Would you copy only the lines below, beginning with the one that contains "fn from(_error: AllocFailed<T>)" and running through the last entry line?

**DATA SECTION**
....................

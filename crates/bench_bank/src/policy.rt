//! The policy of a synthetic bank: a user who may post, and one who certified that.

use bank_policy::{ItemSet, Member, Name, Policy, Relation, Triple, User};
use bank_terms::{Kind, MAX_MOMENT, Procedure};
use money::Fault;
use std::alloc::Global;

/// The user who makes all entries and lines, and may post.
pub const USER: u32 = 1;

/// The user who certified all that there is.
const CERTIFIER: u32 = 2;

/// The greatest number of an item.
const LAST: u32 = 999_999_999;

/// Up to how many cents each triple goes.
const LIMIT: u32 = 999_999;

/// A policy with one user who may post by `triples` triples, and one who certified posts on their sets.
pub(crate) fn synthetic_policy(alloc: Global, triples: u32) -> Result<Policy, Fault> {
    let mut policy = Policy::new(alloc);
    policy.add_user(user(alloc, USER, "Ann")?)?;
    policy.add_user(user(alloc, CERTIFIER, "Bob")?)?;
    for set in 1..=triples {
        let members = if set == triples {
            all_items(alloc)?
        } else {
            one_account(alloc, set)?
        };
        policy.add_set(ItemSet::new(set, members))?;
        add_right(&mut policy, set)?;
    }
    Ok(policy)
}

/// A user whose first session is open.
fn user(alloc: Global, number: u32, name: &str) -> Result<User, Fault> {
    Ok(User {
        user: number,
        name: Name::new(alloc, name)?,
        officer: false,
        suspended: false,
        session: 1,
        on: true,
    })
}

/// The items of the last set: all that a post can touch.
fn all_items(alloc: Global) -> Result<Vec<Member>, Fault> {
    let mut members = Vec::new(alloc);
    for kind in [
        Kind::Account,
        Kind::Teller,
        Kind::Branch,
        Kind::History,
        Kind::Drawer,
    ] {
        members.push(Member {
            kind,
            low: 1,
            high: LAST,
        })?;
    }
    Ok(members)
}

/// The items of every other set: one account.
fn one_account(alloc: Global, account: u32) -> Result<Vec<Member>, Fault> {
    let mut members = Vec::new(alloc);
    members.push(Member {
        kind: Kind::Account,
        low: account,
        high: account,
    })?;
    Ok(members)
}

/// Certifies posts on a set, and lets the user post on it.
fn add_right(policy: &mut Policy, set: u32) -> Result<(), Fault> {
    policy.add_relation(Relation {
        procedure: Procedure::Post,
        set,
        by: CERTIFIER,
    })?;
    policy.add_triple(Triple {
        user: USER,
        procedure: Procedure::Post,
        set,
        limit: LIMIT,
        first: 0,
        last: MAX_MOMENT,
    })?;
    Ok(())
}
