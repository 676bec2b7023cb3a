//! A statement that adds or sets a row of a table, by a law of its text.

ghost use Rattle.std.specs.Prelude.{◌≡◌};
ghost use Rattle.sqlite.specs.Values.{bound};
ghost use Rattle.keyed_rows.specs.Ordered.{add_row};
ghost use Rattle.book_kept.specs.Sheets.{set_row};
ghost use Rattle.sql_schema.specs.Steps.{Step};
ghost use Rattle.sql_releases.specs.Tables.{Adds, Sets};

use money::Fault;
use sql_schema::{TableRow, run};
use sqlite::types::ValueRef;
use sqlite::{Alter, Transaction};

/// A table whose rows are one of the lists of a bank.
pub trait Listed: TableRow {
    ghost use Rattle.std.specs.Prelude.{List};
    ghost use Rattle.book_kept.specs.Sheets.{Sheets};

    ghost list: { Sheets → List Self };

    ghost with_list: { List Self → Sheets → Sheets };
}

/// Adds a row by a statement that does so.
pub fn add_by<R: Listed, S: Alter>(
    tx: &mut Transaction<'_, S>,
    text: &str,
    params: &[ValueRef<'_>],
    row: &R,
) -> Result<(), Fault>
    requires law { Adds text.now R.shown R.fits (λ x s. R.with_list (add_row R.key x (R.list s)) s) }
    requires given { bound params.now ≡ R.shown row.now }
    requires fits { R.fits row.now }
    ensures step { Step S.Store tx.old.conn tx.new.conn (λ s. R.with_list (add_row R.key row.now (R.list s)) s) result }
{
    run(tx, text, params)?;
    Ok(())
}

/// Writes a row in place of the one of its key, by a statement that does so.
pub fn set_by<R: Listed, S: Alter>(
    tx: &mut Transaction<'_, S>,
    text: &str,
    params: &[ValueRef<'_>],
    row: &R,
) -> Result<(), Fault>
    requires law { Sets text.now R.shown R.fits (λ x s. R.with_list (set_row R.key x (R.list s)) s) }
    requires given { bound params.now ≡ R.shown row.now }
    requires fits { R.fits row.now }
    ensures step { Step S.Store tx.old.conn tx.new.conn (λ s. R.with_list (set_row R.key row.now (R.list s)) s) result }
{
    run(tx, text, params)?;
    Ok(())
}
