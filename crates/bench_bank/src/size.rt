//! How large a synthetic bank is.

/// How many rows of each kind a synthetic bank has.
#[derive(Clone, Copy, Debug, PartialEq, Eq)]
pub struct Size {
    /// How many branches it has, each with ten tellers and a hundred accounts.
    pub branches: u32,
    /// How many entries each branch has.
    pub entries: u32,
    /// How many triples its user has for posts, each on a set of its own.
    pub triples: u32,
    /// How many slips its user has.
    pub slips: u32,
}
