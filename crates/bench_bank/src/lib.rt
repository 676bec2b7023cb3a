//! Synthetic banks of a requested size, for the benchmarks. `synthetic_world` makes the books and the policy
//! of a `Size`: its branches, entries of each branch, and triples and slips of one user. No contract says
//! which bank is made: whether its books hold shows only where a program checks it or makes a store of it.
#![tactic(auto)]

mod books;
mod policy;
mod size;
mod slips;

pub use books::synthetic_world;
pub use policy::USER;
pub use size::Size;
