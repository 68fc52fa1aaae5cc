// The P1 raster: "digits 0 and 1, blanks allowed anywhere before, between and after".
ghost use Rattle.std.specs.Prelude.{◌≡◌, true, ◌↔◌, ℕ, ◌*◌, ◌≤◌, length};
ghost use Rattle.mapfile.specs.File.{plain};
ghost use Rattle.raster.specs.RasterParts.{ReadAs, BitByte};

use field::{Refusal, Size};
use header::is_blank;

// Whether the byte is a digit 0 or 1, in one test: b'0' is 48 and b'1' is 49, and no other byte
// gives 24 when it is halved.
fn is_bit(b: u8) -> bool
    ensures { (result ≡ true) ↔ BitByte b }
{
    b / 2 == 24
}

// Reads a P1 raster: "digits 0 and 1, blanks allowed anywhere before, between and after". It stops
// at the first fault met. Most bytes are digits, so a byte is tried as a digit first, and as a
// blank only where it is none.
pub(crate) fn read_plain(body: &[u8], map: Size, bits: &mut [u8]) -> Result<usize, Refusal>
    requires { map.h * map.w ≤ length bits.old }
    ensures { ReadAs plain map.w map.h body.now bits.new result }
{
    let size = map.h * map.w;
    let mut digits: usize = 0;
    let mut rocks: usize = 0;
    for &b in body {
        if is_bit(b) {
            if digits == size {
                return Err(Refusal::LongRaster);
            }
            bits[digits] = b - b'0';
            digits += 1;
            rocks += usize::from(b - b'0');
        } else if !is_blank(b) {
            if digits == size {
                return Err(Refusal::LongRaster);
            }
            return Err(Refusal::BadHeader);
        }
    }
    if digits < size {
        return Err(Refusal::ShortRaster);
    }
    Ok(rocks)
}
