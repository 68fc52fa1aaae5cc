// A map file's raster, P1 or P4, read once: its bits go into lent bytes, one a crossing in raster
// order, its rocks are counted, and it is refused at the first fault met. Here stands what both
// formats share.
#![tactic(auto)]

mod plain;
mod raw;

ghost use Rattle.std.specs.Prelude.{◌≡◌, ℕ, ◌*◌, ◌≤◌, length};
ghost use Rattle.mapfile.specs.Raster.{row_bytes};
ghost use Rattle.raster.specs.RasterParts.{ReadAs, format_of};

use field::{Refusal, Size};

// The two formats of a map file: P1 and P4.
#[derive(Clone, Copy, Debug, PartialEq, Eq)]
pub enum Format {
    Plain,
    Raw,
}

// How many bytes a packed row has: eight crossings to a byte.
pub fn row_bytes(w: usize) -> usize
    ensures { result ≡ row_bytes w }
{
    w.div_ceil(8)
}

// Reads a raster of either format: the answer is how many of its bits are rocks.
pub fn read(format: Format, body: &[u8], map: Size, bits: &mut [u8]) -> Result<usize, Refusal>
    requires { map.h * map.w ≤ length bits.old }
    ensures { ReadAs (format_of format) map.w map.h body.now bits.new result }
{
    match format {
        Format::Plain => plain::read_plain(body, map, bits),
        Format::Raw => raw::read_raw(body, map, bits),
    }
}
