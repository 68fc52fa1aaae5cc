// The P4 raster: "each row is packed eight crossings to a byte, highest bit westmost, 1 a rock".
ghost use Rattle.std.specs.Prelude.{◌≡◌, ℕ, ◌*◌, ◌/◌, ◌<◌, ◌≤◌, length};
ghost use Rattle.mapfile.specs.File.{raw};
ghost use Rattle.raster.specs.RasterParts.{row_bit, ReadAs, MayReadRow, RowRead, MayReadRows, RowsRead};

use super::row_bytes;
use field::{Refusal, Size};

// The bit of column x in a packed row: "highest bit westmost, 1 a rock".
fn bit_at(row: &[u8], x: usize) -> u8
    requires { x / 8 < length row.now }
    ensures { result ≡ row_bit row.now x }
{
    (row[x / 8] >> (7 - x % 8)) % 2
}

// Reads a packed row: the bit of each column, from `at` on. Hands back how many are rocks. "Pad
// bits at a row's end are ignored": they are not looked at.
fn read_row(row: &[u8], w: usize, at: usize, bits: &mut [u8]) -> usize
    requires { MayReadRow row.now w at bits.old }
    ensures { RowRead row.now w at bits.old bits.new result }
{
    let mut rocks: usize = 0;
    for x in 0..w {
        let b = bit_at(row, x);
        bits[at + x] = b;
        rocks += usize::from(b);
    }
    rocks
}

// Reads the packed rows. "The first raster row is the northmost": the bits keep the rows' order.
fn read_rows(body: &[u8], map: Size, bits: &mut [u8]) -> usize
    requires { MayReadRows map.w map.h body.now bits.old }
    ensures { RowsRead map.w map.h body.now bits.new result }
{
    let bytes = row_bytes(map.w);
    let mut rocks: usize = 0;
    for k in 0..map.h {
        let from = k * bytes;
        rocks += read_row(&body[from..], map.w, k * map.w, bits);
    }
    rocks
}

// Reads a P4 raster: as many bytes as the rows have, or it ends early, or there are bytes after it.
pub(crate) fn read_raw(body: &[u8], map: Size, bits: &mut [u8]) -> Result<usize, Refusal>
    requires { map.h * map.w ≤ length bits.old }
    ensures { ReadAs raw map.w map.h body.now bits.new result }
{
    let size = map.h * row_bytes(map.w);
    if body.len() < size {
        return Err(Refusal::ShortRaster);
    }
    if size < body.len() {
        return Err(Refusal::LongRaster);
    }
    Ok(read_rows(body, map, bits))
}
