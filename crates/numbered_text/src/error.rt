//! Why a content by number stands for no text.

ghost use Rattle.std.specs.Prelude.{◌≡◌};
ghost use Rattle.numbered_text.specs.declared.error.NumberError.TheVariants.{Memory};

use std::alloc::{AllocError, AllocFailed};

/// Why a content by number stands for no text: the first fault from the front.
#[derive(Clone, Copy, Debug, PartialEq, Eq, Drop)]
pub enum NumberError {
    /// No memory is left.
    Memory,
    /// The bytes end within a field, or a number is not spelled in its one way.
    Field,
    /// A time is out of range.
    Bounds,
    /// Bytes follow the batch.
    Rest,
    /// A number that no label set has, nor gets here.
    Number,
    /// A label set is given a number that has one.
    Named,
}

impl From<AllocError> for NumberError {
    ghost from_gives = { λ _ e. e ≡ Memory };

    fn from(_error: AllocError) -> NumberError {
        NumberError::Memory
    }
}

impl<T: Drop> From<AllocFailed<T>> for NumberError {
    ghost from_gives = { λ _ e. e ≡ Memory };

    fn from(_error: AllocFailed<T>) -> NumberError {
        NumberError::Memory
    }
}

....................

**RESPONSE**
    fn from(_error: AllocFailed<T>) -> NumberError {
        NumberError::Memory
    }
}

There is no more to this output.